Records excerpted from a collection
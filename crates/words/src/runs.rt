// Runs of bytes.
ghost use Rattle.std.specs.Prelude.{◌≡◌, true, ◌↔◌, ◌≤◌, length, take, drop, ◌++◌};

// Whether two runs of one length are the same bytes. The loop has no early exit, so that the compiler takes many bytes
// at a time.
fn same_bytes(a: &[u8], b: &[u8]) -> bool
    requires { length a.now ≡ length b.now }
    ensures { (result ≡ true) ↔ (a.now ≡ b.now) }
{
    let mut alike = true;
    for (x, y) in a.iter().zip(b) {
        alike &= x == y;
    }
    alike
}

// Whether the two runs are the same bytes. The compiler takes 32 bytes at a time: the whole 32s are compared first, the
// rest apart, so that neither loop has both to do. That is fewer instructions for two blocks.
pub fn same(a: &[u8], b: &[u8]) -> bool
    ensures { (result ≡ true) ↔ (a.now ≡ b.now) }
{
    if a.len() != b.len() {
        return false;
    }
    let even = a.len() / 32 * 32;
    let (a_front, a_rest) = a.split_at(even);
    let (b_front, b_rest) = b.split_at(even);
    same_bytes(a_front, b_front) && same_bytes(a_rest, b_rest)
}

// Puts the bytes of the one run over the first of the other.
pub fn copy(from: &[u8], to: &mut [u8])
    requires { length from.now ≤ length to.old }
    ensures { (length to.new ≡ length to.old)
        × (to.new ≡ take (length from.now) from.now ++ drop (length from.now) to.old) }
{
    to[..from.len()].copy_from_slice(from);
}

[Required work] The lines above that include "drop" should each be listed.

[Task result]
ghost use Rattle.std.specs.Prelude.{◌≡◌, true, ◌↔◌, ◌≤◌, length, take, drop, ◌++◌};
        × (to.new ≡ take (length from.now) from.now ++ drop (length from.now) to.old) }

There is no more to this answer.